This year, Jane’s Walk Toronto introduced a special focus on the “inner suburbs” — the former suburban municipalities that were absorbed into the Toronto megacity with amalgamation.

I’ve had a strong interest in the inner suburbs for a while, in part because of my interest in pedestrian issues, but I also have much to learn about them. The inner suburbs are where the biggest challenges of making Toronto a walkable city lie, and consequently also where the greatest opportunities for transformation exist.

So, on Saturday May 3, I joined the Flemingdon Park Jane’s Walk. Flemingdon Park is not really all that distant from downtown, but, with its neighbour Thorncliffe Park, it’s the first of the “suburban” city layouts as you move north and east of the centre of the city, with winding streets and a mix of tall slab buildings and townhouses, beyond the more traditional layouts of Leaside and The Danforth.
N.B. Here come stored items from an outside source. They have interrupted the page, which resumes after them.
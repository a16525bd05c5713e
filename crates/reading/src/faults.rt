// What may be wrong with a group, each with the record at which it was found.
ghost use Rattle.std.specs.Prelude.{◌≡◌};
ghost use Rattle.reading.specs.Faults.{refusal_of};

use refusals::{Refusal, refuse};

// Stays six variants with one number each: docs/REFUSALS.md has a number for each, which stands once, beside its variant below.
#[derive(Clone, Copy, Debug, PartialEq, Eq)]
pub enum GroupFault {
    // A byte or a field of the record is not as it should be.
    BadRecord(usize),
    // The record is not above the one before it, or is a run too many.
    OutOfOrder(usize),
    // The entry's code is not of its part's kind.
    BadCode(usize),
    // The entry's dot is in no run, or is that of an earlier entry.
    StrayDot(usize),
    // The whole records, so many, end before an origin.
    NoOrigin(usize),
    // A parcel goes on after the origin.
    TrailingRecords(usize),
}

impl From<GroupFault> for Refusal {
    ghost from_gives = { λ fault refusal. refusal ≡ refusal_of fault };

    fn from(fault: GroupFault) -> Refusal {
        match fault {
            GroupFault::BadRecord(n) => refuse(21, n as u64),
            GroupFault::OutOfOrder(n) => refuse(22, n as u64),
            GroupFault::BadCode(n) => refuse(23, n as u64),
            GroupFault::StrayDot(n) => refuse(24, n as u64),
            GroupFault::NoOrigin(n) => refuse(25, n as u64),
            GroupFault::TrailingRecords(n) => refuse(26, n as u64),
        }
    }
}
It also feels very isolated, cut off from surrounding neighbourhoods by ravines, the Don Valley Parkway, and industrial areas. It’s a huge community of 25,000 people in one square mile, making it one of the densest communities in North America, and more than half of households don’t own a car, so it should be a promising location for a lively walking life. Its inhabitants are very diverse in background and income.

The turnout was remarkably good for a rainy day — well over 30 people came out, a mix of local residents and visitors, with several current and former local politicians. The walk was led by David Lemire, Executive Director of the organization Flemingdon Neighbourhood Services.
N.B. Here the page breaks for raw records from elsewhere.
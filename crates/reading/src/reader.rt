// A reader of groups: it borrows the bytes and knows how far in them it has come.
use crate::reader::progress::Progress;

pub mod dots;
pub mod group;
pub mod next;
pub mod progress;
mod seen;

#[derive(Drop)]
pub struct GroupReader<'a> {
    bytes: &'a [u8],
    progress: Progress,
}
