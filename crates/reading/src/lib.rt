// Reading groups of records: which bytes are a group, and what is wrong with those that are none.
#![tactic(auto)]

pub mod faults;
pub mod laws;
pub mod reader;
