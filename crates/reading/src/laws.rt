// The laws of this crate's definitions, each the contract of a function that a caller may cite. The functions answer nothing.
ghost use Rattle.reading.specs.SpellingLaws.{GroupsHaveOneSpelling};

// What is written is read back, what is read is written again as the same bytes, and what follows a group does not matter to it.
pub fn groups_have_one_spelling()
    ensures { GroupsHaveOneSpelling }
{}
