// The symbols that C links: each is the function of that name in the library `taqwelim`, called as it came. include/taqwelim.h declares them.
// Each is written out beside its twin in the library: C links these by name, and only the archive exports them, not every program that uses the library.
#![tactic(auto)]

ghost use Rattle.taqwelim.specs.Calls.{FreshSenderCall, PutCall, WaitingCall, NextCall, FreshReceiverCall, OpenCall, RepairCall, ApplyCall};
ghost use Rattle.taqwelim.specs.Calls.{EntryCall, PacketCall, CodeCall, ReadCall, LevelCall};

use flat::headers::{FlatFields, FlatHeader};
use flat::states::{FlatReceiver, FlatSender};
use flat::{
    FlatApply, FlatCode, FlatEntry, FlatNext, FlatOpen, FlatPacket, FlatPut, FlatRead, FlatRepair,
    FlatWaiting,
};

#[unsafe(no_mangle)]
pub extern "C" fn taqwelim_fresh_sender() -> FlatSender
    ensures { FreshSenderCall result }
{
    taqwelim::taqwelim_fresh_sender()
}

#[unsafe(no_mangle)]
pub extern "C" fn taqwelim_put(queue: &mut [u8], sender: FlatSender, packet: &[u8]) -> FlatPut
    ensures { PutCall queue.old sender packet.now result queue.new }
{
    taqwelim::taqwelim_put(queue, sender, packet)
}

#[unsafe(no_mangle)]
pub extern "C" fn taqwelim_waiting(queue: &[u8], sender: FlatSender) -> FlatWaiting
    ensures { WaitingCall queue.now sender result }
{
    taqwelim::taqwelim_waiting(queue, sender)
}

#[unsafe(no_mangle)]
pub extern "C" fn taqwelim_next_frame(
    taps: u32,
    fields: FlatFields,
    sender: FlatSender,
    queue: &mut [u8],
    out: &mut [u8],
) -> FlatNext
    ensures { NextCall taps fields sender queue.old out.old result queue.new out.new }
{
    taqwelim::taqwelim_next_frame(taps, fields, sender, queue, out)
}

#[unsafe(no_mangle)]
pub extern "C" fn taqwelim_fresh_receiver() -> FlatReceiver
    ensures { FreshReceiverCall result }
{
    taqwelim::taqwelim_fresh_receiver()
}

#[unsafe(no_mangle)]
pub extern "C" fn taqwelim_open(taps: u32, frame: &[u8], area: &mut [u8]) -> FlatOpen
    ensures { OpenCall taps frame.now area.old result area.new }
{
    taqwelim::taqwelim_open(taps, frame, area)
}

#[unsafe(no_mangle)]
pub extern "C" fn taqwelim_repair(taps: u32, part: &[u8], scratch: &mut [u8]) -> FlatRepair
    ensures { RepairCall taps part.now scratch.old result scratch.new }
{
    taqwelim::taqwelim_repair(taps, part, scratch)
}

#[unsafe(no_mangle)]
pub extern "C" fn taqwelim_apply(
    header: FlatHeader,
    area: &[u8],
    receiver: FlatReceiver,
    hold: &mut [u8],
    list: &mut [u8],
) -> FlatApply
    ensures { ApplyCall header area.now receiver hold.old list.old result hold.new list.new }
{
    taqwelim::taqwelim_apply(header, area, receiver, hold, list)
}

#[unsafe(no_mangle)]
pub extern "C" fn taqwelim_entry(list: &[u8], position: usize) -> FlatEntry
    ensures { EntryCall list.now position result }
{
    taqwelim::taqwelim_entry(list, position)
}

#[unsafe(no_mangle)]
pub extern "C" fn taqwelim_packet(list: &[u8], position: usize) -> FlatPacket
    ensures { PacketCall list.now position result }
{
    taqwelim::taqwelim_packet(list, position)
}

#[unsafe(no_mangle)]
pub extern "C" fn taqwelim_code_header(header: FlatHeader, out: &mut [u8]) -> FlatCode
    ensures { CodeCall header out.old result out.new }
{
    taqwelim::taqwelim_code_header(header, out)
}

#[unsafe(no_mangle)]
pub extern "C" fn taqwelim_read_header(bytes: &[u8]) -> FlatRead
    ensures { ReadCall bytes.now result }
{
    taqwelim::taqwelim_read_header(bytes)
}

#[unsafe(no_mangle)]
pub extern "C" fn taqwelim_level(code: u8) -> i32
    ensures { LevelCall code result }
{
    taqwelim::taqwelim_level(code)
}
The first thing we saw was the central mall, where the grocery store had closed down in the Fall of 2007, despite the community’s large population. The local residents contrasted the situation with Thorncliffe Park across the ravine, where the mall is thriving and there’s more of a community feel. They said that the contrast was in part the result of different planning — Flemingdon Park is broken up into different sections by a hydro zone, ravines, the DVP, and erratic street layouts. The mall itself feels like it’s in its own separate zone, cut off by busy roads and empty spaces, not really connected to the community. In Thorncliffe Park, by contrast, the towers are built in a “U” shape directly around the mall. Access to the mall is easy and direct, a reasonably pleasant short walk from all parts of the community.
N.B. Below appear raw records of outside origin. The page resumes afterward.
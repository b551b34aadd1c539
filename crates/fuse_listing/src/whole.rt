//! The whole listing.

ghost use Rattle.std.specs.Prelude.{◌≡◌, ◌++◌, IfOk, OnOk, flat_map, length};
ghost use Rattle.std.specs.List.{range_with_len};
ghost use Rattle.abel_tree.specs.Entries.{entries_of};
ghost use Rattle.fuse_listing.specs.Listing.{assigned_text, common_line, listing_text};

use crate::burned::Burned;
use crate::cells::put_if_assigned;
use crate::given::put_given;
use crate::rows::put_row_line;
use abel_tree::Names;
use pld_base::OutOfMemory;
use pld_device::{Device, Fuses, Loaded};
use std::alloc::Global;

/// Appends the lines of all cells whose pins' names are assigned, in the order of the cells.
fn put_cells<D: Device>(alloc: Global, out: &mut Vec<u8>, of: &Burned<D>) -> Result<(), OutOfMemory>
    ensures { OnOk result (out.new.items ≡ out.old.items
        ++ flat_map (assigned_text D.table of.now.fuses.now (entries_of of.now.names.now)) (range_with_len 0 (length D.table.cells))) }
{
    for cell in 0..of.device.cells() {
        put_if_assigned::<D>(alloc, out, of, cell)?;
    }
    Ok(())
}

/// Appends the line of the row of all registers that there may be.
fn put_common<D: Device>(
    alloc: Global,
    out: &mut Vec<u8>,
    of: &Burned<D>,
    word: &[u8],
    row: Option<u16>,
) -> Result<(), OutOfMemory>
    ensures { OnOk result (out.new.items
        ≡ out.old.items ++ common_line D.table of.now.fuses.now (entries_of of.now.names.now) word.now row) }
{
    match row {
        None => Ok(()),
        Some(row) => put_row_line::<D>(alloc, out, of, word, row),
    }
}

/// The listing of a device's fuses: for each pin that was given to a signal which drives no cell its number and name; for
/// each assigned cell its pin and name, whether it is a register, how its pin follows its output, its data rows in use of
/// those that it has room for, what enables it, and these rows, as products of the names; then the reset and preset of all
/// registers, if the device has such rows. The names are given as they are declared, and as they are placed.
///
/// # Errors
/// Only lack of memory.
pub fn listing<D: Device>(
    alloc: Global,
    device: &Loaded<D>,
    declared: &Names,
    names: &Names,
    fuses: &Fuses,
) -> Result<Vec<u8>, OutOfMemory>
    ensures { IfOk result (λ text. text.items ≡ listing_text D.table fuses.now (entries_of declared.now) (entries_of names.now)) }
{
    let levels = fuses.levels();
    let mut out = Vec::from_slice(alloc, b"device ")?;
    out.extend_from_slice(device.name().text().as_bytes())?;
    out.push(b'\n')?;
    put_given(
        alloc,
        &mut out,
        declared.list.as_slice(),
        names.list.as_slice(),
    )?;
    let of = Burned {
        device,
        fuses: levels,
        names,
    };
    put_cells::<D>(alloc, &mut out, &of)?;
    put_common::<D>(alloc, &mut out, &of, b"reset ", device.reset())?;
    put_common::<D>(alloc, &mut out, &of, b"preset ", device.preset())?;
    Ok(out)
}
Flemingdon Park is making some progress on pedestrian issues — the local councillor, John Parker, noted an improved pathway built through the development beside one of the schools, in a rare co-operative effort with the school board, and described plans for paths across the hydro zone to link up the southern section with the mall and the north part of the community.

But although in theory the community is compact enough to be a thriving pedestrian space, there seemed to be a lot that needed to be done to get there, and it was frankly hard to see how it could be done. Many of the tall apartment buildings don’t face onto the road, and their perimeters are lined by fences. In some cases, there is no separate pedestrian access to the buildings — pedestrians have to walk along a driveway without sidewalks to get to the building’s entrance.

Building with no good pedestrian access

A stretch of road along Grenoble Drive which is lined with an arena and an elementary school on one side, with townhouses and tower blocks full of people on the other, nonetheless feels isolated and cold, because none of the buildings provide an open face onto the sidewalk.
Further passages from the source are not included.